▶ [WORK INSTRUCTIONS]
Return the full listing, so that each line matches the original exactly.

▶ [EXERCISE INPUTS]
----
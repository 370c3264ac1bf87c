//! The leaves of an array.
ghost use Rattle.std.specs.Prelude.{◌≡◌, ◌⊎◌, IfOk, IfErr, true, false};
ghost use Rattle.columns_base.specs.declared.error.Error.TheVariants.{Memory, NotYetImplemented};
ghost use Rattle.columns_base.specs.declared.error.N.TheVariants.{N5};
ghost use Rattle.columns_array.specs.Boxed.{boxed, all_boxed};
ghost use Rattle.nested_paths.specs.Leaves.{array_leaves, leaves_in, has_fixed_list, have_fixed_list};
ghost use Rattle.nested_paths.specs.Taken.{shown, TakesLeaves};

use crate::inner::{Inner, inner_of};
use columns_array::ArrayBox;
use columns_base::{Error, N, Result};
use std::alloc::Global;

/// The leaves of an array, in order: those of a list's or map's items, those of a struct's fields one after another, and every other
/// array, a dictionary too.
///
/// # Errors
///
/// - `NotYetImplemented(N5)`: a list of a fixed size is on the way to a leaf.
/// - `Memory`: memory ran out.
pub fn to_leaves(alloc: Global, array: &ArrayBox) -> Result<Vec<&ArrayBox>>
    ensures ok { IfOk result (λ leaves. shown leaves.items ≡ array_leaves (boxed array.now)) }
    ensures written { IfOk result (λ leaves. has_fixed_list (boxed array.now) ≡ false) }
    ensures err { IfErr result (λ e. (e ≡ Memory) ⊎ ((e ≡ NotYetImplemented N5)
        × (has_fixed_list (boxed array.now) ≡ true))) }
{
    let mut leaves = Vec::new(alloc);
    push_leaves(array, &mut leaves)?;
    Ok(leaves)
}

#[cycle(leaves)]
fn push_leaves<'a>(array: &'a ArrayBox, leaves: &mut Vec<&'a ArrayBox>) -> Result<()>
    ensures { TakesLeaves (shown leaves.old.items) (shown leaves.new.items) (array_leaves (boxed array.now))
        (has_fixed_list (boxed array.now)) result }
{
    match inner_of(array) {
        Inner::Leaf => {
            leaves.push(array)?;
            Ok(())
        }
        Inner::Items(items) => push_leaves(items, leaves),
        Inner::Fields(arrays) => push_all_leaves(arrays, leaves),
        Inner::Fixed => Err(Error::NotYetImplemented(N::N5)),
    }
}

#[cycle(leaves)]
fn push_all_leaves<'a>(arrays: &'a [ArrayBox], leaves: &mut Vec<&'a ArrayBox>) -> Result<()>
    ensures { TakesLeaves (shown leaves.old.items) (shown leaves.new.items) (leaves_in (all_boxed arrays.now))
        (have_fixed_list (all_boxed arrays.now)) result }
{
    for array in arrays {
        push_leaves(array, leaves)?;
    }
    Ok(())
}
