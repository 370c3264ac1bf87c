//! What is inside an array.
ghost use Rattle.std.specs.Prelude.{◌≡◌, IfOk, IfErr};
ghost use Rattle.columns_base.specs.declared.error.Error.TheVariants.{Memory};
ghost use Rattle.columns_slots.specs.Slots.{mask_of};
ghost use Rattle.columns_array.specs.Boxed.{boxed};
ghost use Rattle.levels.specs.Nested.{part_of, is_large};
ghost use Rattle.nested_paths.specs.Inner.{IsInner};
ghost use Rattle.nested_paths.specs.Kinds.{is_large_array};
ghost use Rattle.nested_paths.specs.Paths.{part_at};

use columns_array::ArrayBox;
use columns_base::Result;
use columns_core::Bitmap;
use levels::{ListNested, Nested};

// What a walk to the leaves of an array goes on with.
#[derive(Clone, Copy, Drop)]
pub enum Inner<'a> {
    // nothing: the array is a leaf
    Leaf,
    // the items of lists or maps
    Items(&'a ArrayBox),
    // the arrays of a struct's fields
    Fields(&'a [ArrayBox]),
    // the lists are of a fixed size
    Fixed,
}

pub(crate) fn inner_of(array: &ArrayBox) -> Inner<'_>
    ensures { IsInner (boxed array.now) result }
{
    match array {
        ArrayBox::List(lists) => {
            lists.know();
            Inner::Items(lists.values())
        }
        ArrayBox::LargeList(lists) => {
            lists.know();
            Inner::Items(lists.values())
        }
        ArrayBox::Map(maps) => {
            maps.know();
            Inner::Items(maps.field())
        }
        ArrayBox::Struct(structs) => {
            structs.know();
            Inner::Fields(structs.values())
        }
        ArrayBox::FixedSizeList(lists) => {
            lists.know();
            Inner::Fixed
        }
        ArrayBox::Dictionary(keyed) => {
            keyed.know();
            Inner::Leaf
        }
        _ => Inner::Leaf,
    }
}

fn shared_validity(array: &ArrayBox) -> Result<Option<Bitmap>>
    ensures ok { IfOk result (λ m. m ≡ mask_of (boxed array.now)) }
    ensures err { IfErr result (λ e. e ≡ Memory) }
{
    match array.validity() {
        Some(mask) => Ok(Some(mask.clone()?)),
        None => Ok(None),
    }
}

// The part of a path that the array is. It shares the array's mask and offsets.
#[tactic(auto, using(crate::proofs::Inners::list_is, crate::proofs::Widths::small_is, crate::proofs::Widths::large_is, crate::proofs::Widths::map_is, crate::proofs::Widths::struct_is_small, crate::proofs::Widths::fixed_is_small, crate::proofs::Widths::keyed_is_small, crate::proofs::Inners::struct_is, crate::proofs::Inners::fixed_is, crate::proofs::Inners::keyed_is))]
pub(crate) fn part_of(array: &ArrayBox, is_optional: bool) -> Result<Nested>
    ensures ok { IfOk result (λ part. part_of part ≡ part_at is_optional (boxed array.now)) }
    ensures kind { IfOk result (λ part. is_large part ≡ is_large_array (boxed array.now)) }
    ensures err { IfErr result (λ e. e ≡ Memory) }
{
    let validity = shared_validity(array)?;
    match array {
        ArrayBox::List(lists) => {
            lists.know();
            let offsets = lists.offsets().clone()?;
            Ok(Nested::List(ListNested::new(offsets, validity, is_optional)))
        }
        ArrayBox::LargeList(lists) => {
            lists.know();
            let offsets = lists.offsets().clone()?;
            Ok(Nested::LargeList(ListNested::new(offsets, validity, is_optional)))
        }
        ArrayBox::Map(maps) => {
            maps.know();
            let offsets = maps.offsets().clone()?;
            Ok(Nested::List(ListNested::new(offsets, validity, is_optional)))
        }
        ArrayBox::Struct(structs) => {
            structs.know();
            Ok(Nested::Struct(validity, is_optional, structs.len()))
        }
        ArrayBox::FixedSizeList(lists) => {
            lists.know();
            Ok(Nested::Primitive(validity, is_optional, lists.len()))
        }
        ArrayBox::Dictionary(keyed) => {
            keyed.know();
            Ok(Nested::Primitive(validity, is_optional, keyed.len()))
        }
        _ => Ok(Nested::Primitive(validity, is_optional, array.len())),
    }
}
----
▶ [YOUR RESPONSE]
repository 370c3264ac1bf87c
//! The leaves of an array.
ghost use Rattle.std.specs.Prelude.{◌≡◌, ◌⊎◌, IfOk, IfErr, true, false};
ghost use Rattle.columns_base.specs.declared.error.Error.TheVariants.{Memory, NotYetImplemented};
ghost use Rattle.columns_base.specs.declared.error.N.TheVariants.{N5};
ghost use Rattle.columns_array.specs.Boxed.{boxed, all_boxed};
ghost use Rattle.nested_paths.specs.Leaves.{array_leaves, leaves_in, has_fixed_list, have_fixed_list};
ghost use Rattle.nested_paths.specs.Taken.{shown, TakesLeaves};

use crate::inner::{Inner, inner_of};
use columns_array::ArrayBox;
use columns_base::{Error, N, Result};
use std::alloc::Global;

/// The leaves of an array, in order: those of a list's or map's items, those of a struct's fields one after another, and every other
/// array, a dictionary too.
///
/// # Errors
///
/// - `NotYetImplemented(N5)`: a list of a fixed size is on the way to a leaf.
/// - `Memory`: memory ran out.
pub fn to_leaves(alloc: Global, array: &ArrayBox) -> Result<Vec<&ArrayBox>>
    ensures ok { IfOk result (λ leaves. shown leaves.items ≡ array_leaves (boxed array.now)) }
    ensures written { IfOk result (λ leaves. has_fixed_list (boxed array.now) ≡ false) }
    ensures err { IfErr result (λ e. (e ≡ Memory) ⊎ ((e ≡ NotYetImplemented N5)
        × (has_fixed_list (boxed array.now) ≡ true))) }
{
    let mut leaves = Vec::new(alloc);
    push_leaves(array, &mut leaves)?;
    Ok(leaves)
}

#[cycle(leaves)]
fn push_leaves<'a>(array: &'a ArrayBox, leaves: &mut Vec<&'a ArrayBox>) -> Result<()>
    ensures { TakesLeaves (shown leaves.old.items) (shown leaves.new.items) (array_leaves (boxed array.now))
        (has_fixed_list (boxed array.now)) result }
{
    match inner_of(array) {
        Inner::Leaf => {
            leaves.push(array)?;
            Ok(())
        }
        Inner::Items(items) => push_leaves(items, leaves),
        Inner::Fields(arrays) => push_all_leaves(arrays, leaves),
        Inner::Fixed => Err(Error::NotYetImplemented(N::N5)),
    }
}

#[cycle(leaves)]
fn push_all_leaves<'a>(arrays: &'a [ArrayBox], leaves: &mut Vec<&'a ArrayBox>) -> Result<()>
    ensures { TakesLeaves (shown leaves.old.items) (shown leaves.new.items) (leaves_in (all_boxed arrays.now))
        (have_fixed_list (all_boxed arrays.now)) result }
{
    for array in arrays {
        push_leaves(array, leaves)?;
    }
    Ok(())
}
repository 370c3264ac1bf87c
//! What is inside an array.
ghost use Rattle.std.specs.Prelude.{◌≡◌, IfOk, IfErr};
ghost use Rattle.columns_base.specs.declared.error.Error.TheVariants.{Memory};
ghost use Rattle.columns_slots.specs.Slots.{mask_of};
ghost use Rattle.columns_array.specs.Boxed.{boxed};
ghost use Rattle.levels.specs.Nested.{part_of, is_large};
ghost use Rattle.nested_paths.specs.Inner.{IsInner};
ghost use Rattle.nested_paths.specs.Kinds.{is_large_array};
ghost use Rattle.nested_paths.specs.Paths.{part_at};

use columns_array::ArrayBox;
use columns_base::Result;
use columns_core::Bitmap;
use levels::{ListNested, Nested};

// What a walk to the leaves of an array goes on with.
#[derive(Clone, Copy, Drop)]
pub enum Inner<'a> {
    // nothing: the array is a leaf
    Leaf,
    // the items of lists or maps
    Items(&'a ArrayBox),
    // the arrays of a struct's fields
    Fields(&'a [ArrayBox]),
    // the lists are of a fixed size
    Fixed,
}

pub(crate) fn inner_of(array: &ArrayBox) -> Inner<'_>
    ensures { IsInner (boxed array.now) result }
{
    match array {
        ArrayBox::List(lists) => {
            lists.know();
            Inner::Items(lists.values())
        }
        ArrayBox::LargeList(lists) => {
            lists.know();
            Inner::Items(lists.values())
        }
        ArrayBox::Map(maps) => {
            maps.know();
            Inner::Items(maps.field())
        }
        ArrayBox::Struct(structs) => {
            structs.know();
            Inner::Fields(structs.values())
        }
        ArrayBox::FixedSizeList(lists) => {
            lists.know();
            Inner::Fixed
        }
        ArrayBox::Dictionary(keyed) => {
            keyed.know();
            Inner::Leaf
        }
        _ => Inner::Leaf,
    }
}

fn shared_validity(array: &ArrayBox) -> Result<Option<Bitmap>>
    ensures ok { IfOk result (λ m. m ≡ mask_of (boxed array.now)) }
    ensures err { IfErr result (λ e. e ≡ Memory) }
{
    match array.validity() {
        Some(mask) => Ok(Some(mask.clone()?)),
        None => Ok(None),
    }
}

// The part of a path that the array is. It shares the array's mask and offsets.
#[tactic(auto, using(crate::proofs::Inners::list_is, crate::proofs::Widths::small_is, crate::proofs::Widths::large_is, crate::proofs::Widths::map_is, crate::proofs::Widths::struct_is_small, crate::proofs::Widths::fixed_is_small, crate::proofs::Widths::keyed_is_small, crate::proofs::Inners::struct_is, crate::proofs::Inners::fixed_is, crate::proofs::Inners::keyed_is))]
pub(crate) fn part_of(array: &ArrayBox, is_optional: bool) -> Result<Nested>
    ensures ok { IfOk result (λ part. part_of part ≡ part_at is_optional (boxed array.now)) }
    ensures kind { IfOk result (λ part. is_large part ≡ is_large_array (boxed array.now)) }
    ensures err { IfErr result (λ e. e ≡ Memory) }
{
    let validity = shared_validity(array)?;
    match array {
        ArrayBox::List(lists) => {
            lists.know();
            let offsets = lists.offsets().clone()?;
            Ok(Nested::List(ListNested::new(offsets, validity, is_optional)))
        }
        ArrayBox::LargeList(lists) => {
            lists.know();
            let offsets = lists.offsets().clone()?;
            Ok(Nested::LargeList(ListNested::new(offsets, validity, is_optional)))
        }
        ArrayBox::Map(maps) => {
            maps.know();
            let offsets = maps.offsets().clone()?;
            Ok(Nested::List(ListNested::new(offsets, validity, is_optional)))
        }
        ArrayBox::Struct(structs) => {
            structs.know();
            Ok(Nested::Struct(validity, is_optional, structs.len()))
        }
        ArrayBox::FixedSizeList(lists) => {
            lists.know();
            Ok(Nested::Primitive(validity, is_optional, lists.len()))
        }
        ArrayBox::Dictionary(keyed) => {
            keyed.know();
            Ok(Nested::Primitive(validity, is_optional, keyed.len()))
        }
        _ => Ok(Nested::Primitive(validity, is_optional, array.len())),
    }
}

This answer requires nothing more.